» **SOURCE INFORMATION**
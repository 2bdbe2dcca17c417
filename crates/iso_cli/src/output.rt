//! The output of each command.

ghost use Rattle.std.specs.Prelude.{◌≡◌, ◌^◌, ◌≤◌, length, unsigned_abs, IfOk};
ghost use Rattle.iso_model.specs.Cells.{HasDimension};
ghost use Rattle.iso_model.specs.Values.{IsRegularGrid};
ghost use Rattle.iso_formats.specs.TableFile2.{table_bytes2};
ghost use Rattle.table_file.specs.Reading.{table_in};
ghost use Rattle.iso_cli.specs.Audits.{clean_line};
ghost use Rattle.iso_cli.specs.Checked.{checked_in};
ghost use Rattle.iso_cli.specs.Outputs.{IsGenerated, IsPlacedText, LeavesOutput, accepted_line};
ghost use Rattle.iso_cli.specs.Statuses.{IsOfPutting};

use crate::checked::CheckedTable;
use crate::line::counted;
use crate::status::Status;
use crate::workers::{PARTS, Workers};
use cell_lattice::{Cell, CubeCell, Kind, PyramidCell, SimplexCell};
use grid_split::Split;
use iso_base::{Gate, Memory, Sink, put_all};
use mesh_extract::extract;
use nrrd_raw::Grid;
use off_write::write_mesh;
use std::alloc::Global;
use std::thread::Threads;
use table_check::Checked;
use table_file::{AnyTable, encode, encode2};
use table_make::make_parts;

/// Puts the line for an accepted table.
pub fn put_accepted<O: Sink>(out: &mut O) -> Status
    ensures kinds { IsOfPutting result }
    ensures output { LeavesOutput O.faults O.bytes (λ text. text ≡ accepted_line) result out.old out.new }
{
    put_bytes(b"accepted\n", out)
}

/// Puts the line for a mesh whose simplices are glued, with the number of faces that are in one of them alone.
pub fn put_clean<O: Sink>(boundary: u64, out: &mut O) -> Status
    ensures kinds { IsOfPutting result }
    ensures output { LeavesOutput O.faults O.bytes (λ text. text ≡ clean_line boundary) result out.old out.new }
{
    let text = counted("clean: boundary ", boundary);
    put_bytes(text.as_str().as_bytes(), out)
}

/// Puts these bytes.
pub fn put_bytes<O: Sink>(bytes: &[u8], out: &mut O) -> Status
    ensures kinds { IsOfPutting result }
    ensures output { LeavesOutput O.faults O.bytes (λ text. text ≡ bytes.now) result out.old out.new }
{
    match put_all(out, bytes) {
        Ok(()) => Status::Done,
        Err(failed) => Status::WriteFault(failed.count),
    }
}

/// Puts the bytes of the table that the construction gives for a kind and a dimension.
pub fn put_table<R: Threads + Sync, O: Sink, G: Gate + Sync>(
    workers: &Workers<R, G>,
    kind: Kind,
    dim: u8,
    out: &mut O,
) -> Status
    requires fits { HasDimension kind dim }
    ensures kinds { IsOfPutting result }
    ensures output { LeavesOutput O.faults O.bytes (IsGenerated kind dim) result out.old out.new }
{
    match (kind, dim) {
        (Kind::Cube, 2) => put_made::<R, CubeCell<2>, 2, O, G>(workers, out),
        (Kind::Cube, 3) => put_made::<R, CubeCell<3>, 3, O, G>(workers, out),
        (Kind::Cube, 4) => put_made::<R, CubeCell<4>, 4, O, G>(workers, out),
        (Kind::Simplex, 2) => put_made::<R, SimplexCell<2>, 2, O, G>(workers, out),
        (Kind::Simplex, 3) => put_made::<R, SimplexCell<3>, 3, O, G>(workers, out),
        (Kind::Simplex, 4) => put_made::<R, SimplexCell<4>, 4, O, G>(workers, out),
        (Kind::Pyramid, 3) => put_made::<R, PyramidCell, 3, O, G>(workers, out),
        _ => unreachable!(),
    }
}

// The same, where the cell is known.
fn put_made<R, C, const D: usize, O, G>(workers: &Workers<R, G>, out: &mut O) -> Status
where
    R: Threads + Sync,
    C: Cell<D> + Sync,
    O: Sink,
    G: Gate + Sync,
    ensures kinds { IsOfPutting result }
    ensures output { LeavesOutput O.faults O.bytes (IsGenerated C.KIND D) result out.old out.new }
{
    match made_bytes::<R, C, D, G>(workers) {
        Ok(bytes) => put_bytes(bytes.as_slice(), out),
        Err(Memory) => Status::Memory,
    }
}

// The bytes of the table of a cell.
fn made_bytes<R: Threads + Sync, C: Cell<D> + Sync, const D: usize, G: Gate + Sync>(
    workers: &Workers<R, G>,
) -> Result<Vec<u8>, Memory>
    ensures { IfOk result (λ bytes. IsGenerated C.KIND D bytes.items) }
{
    let table = make_parts::<R, C, D, G>(workers.rt, workers.alloc, PARTS, workers.gate)?;
    encode(workers.alloc, &table)
}

/// Puts the bytes of a table in version 2.
pub fn put_version_2<O: Sink>(alloc: Global, table: &AnyTable, out: &mut O) -> Status
    ensures kinds { IsOfPutting result }
    ensures output { LeavesOutput O.faults O.bytes
        (λ text. text ≡ table_bytes2 (table_in table.now)) result out.old out.new }
{
    match version_2(alloc, table) {
        Ok(bytes) => put_bytes(bytes.as_slice(), out),
        Err(Memory) => Status::Memory,
    }
}

// The bytes of a table in version 2.
fn version_2(alloc: Global, table: &AnyTable) -> Result<Vec<u8>, Memory>
    ensures { IfOk result (λ bytes. bytes.items ≡ table_bytes2 (table_in table.now)) }
{
    match table {
        AnyTable::T2(table) => encode2(alloc, table),
        AnyTable::T3(table) => encode2(alloc, table),
        AnyTable::T4(table) => encode2(alloc, table),
    }
}

/// Puts the text of the mesh of a grid, by a table of its dimension, at an isovalue.
pub fn put_mesh<O: Sink>(
    alloc: Global,
    table: &CheckedTable,
    grid: &Grid,
    iso: i64,
    out: &mut O,
) -> Status
    requires regular { IsRegularGrid grid.now }
    requires fits { (checked_in table.now).dimension ≡ length grid.now.sizes }
    requires iso { unsigned_abs iso ≤ 2 ^ 40 }
    ensures kinds { IsOfPutting result }
    ensures output { LeavesOutput O.faults O.bytes
        (IsPlacedText (checked_in table.now) grid.now iso) result out.old out.new }
{
    match table {
        CheckedTable::Squares(table) => put_placed(alloc, table, grid, iso, out),
        CheckedTable::Triangles(table) => put_placed(alloc, table, grid, iso, out),
        CheckedTable::Cubes(table) => put_placed(alloc, table, grid, iso, out),
        CheckedTable::Tetrahedra(table) => put_placed(alloc, table, grid, iso, out),
        CheckedTable::Pyramids(table) => put_placed(alloc, table, grid, iso, out),
        CheckedTable::Hypercubes(table) => put_placed(alloc, table, grid, iso, out),
        CheckedTable::Pentachora(table) => put_placed(alloc, table, grid, iso, out),
    }
}

// The same, where the cells of the table are known.
fn put_placed<C: Split<D>, const D: usize, O: Sink>(
    alloc: Global,
    table: &Checked<C, D>,
    grid: &Grid,
    iso: i64,
    out: &mut O,
) -> Status
    requires regular { IsRegularGrid grid.now }
    requires fits { table.now.dimension ≡ length grid.now.sizes }
    requires iso { unsigned_abs iso ≤ 2 ^ 40 }
    ensures kinds { IsOfPutting result }
    ensures output { LeavesOutput O.faults O.bytes (IsPlacedText table.now grid.now iso) result out.old out.new }
{
    // What an accepted table holds is known from here on.
    let _ = table.table();
    let mesh = match extract(alloc, table, grid, iso) {
        Ok(mesh) => mesh,
        Err(Memory) => return Status::Memory,
    };
    match write_mesh(&mesh, out) {
        Ok(()) => Status::Done,
        Err(fault) => Status::WriteFault(fault.0),
    }
}
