//! Laws of the answers of a run. The functions do nothing when they run.

ghost use Rattle.std.specs.Prelude.{ℕ, List};
ghost use Rattle.iso_base.specs.Files.{Files};
ghost use Rattle.iso_cli.specs.OneAnswer.{HaveOneAnswer, LackWhereRefused};

/// Words and told files decide at most one refusal, and none where the files hold what the words need.
pub fn one_answer_law()
    ensures one { (files : Files) (words : List (List ℕ)) → HaveOneAnswer files words }
    ensures lack { (files : Files) (words : List (List ℕ)) → LackWhereRefused files words }
{}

» **REQUIRED ACTION**
Everything from the line with "Err(Memory) => return" to the last line of the data is what to return, word for word; leave out the rest.

» **RESPONSE**
        Err(Memory) => return Status::Memory,
    };
    match write_mesh(&mesh, out) {
        Ok(()) => Status::Done,
        Err(fault) => Status::WriteFault(fault.0),
    }
}
//! Laws of the answers of a run. The functions do nothing when they run.

ghost use Rattle.std.specs.Prelude.{ℕ, List};
ghost use Rattle.iso_base.specs.Files.{Files};
ghost use Rattle.iso_cli.specs.OneAnswer.{HaveOneAnswer, LackWhereRefused};

/// Words and told files decide at most one refusal, and none where the files hold what the words need.
pub fn one_answer_law()
    ensures one { (files : Files) (words : List (List ℕ)) → HaveOneAnswer files words }
    ensures lack { (files : Files) (words : List (List ℕ)) → LackWhereRefused files words }
{}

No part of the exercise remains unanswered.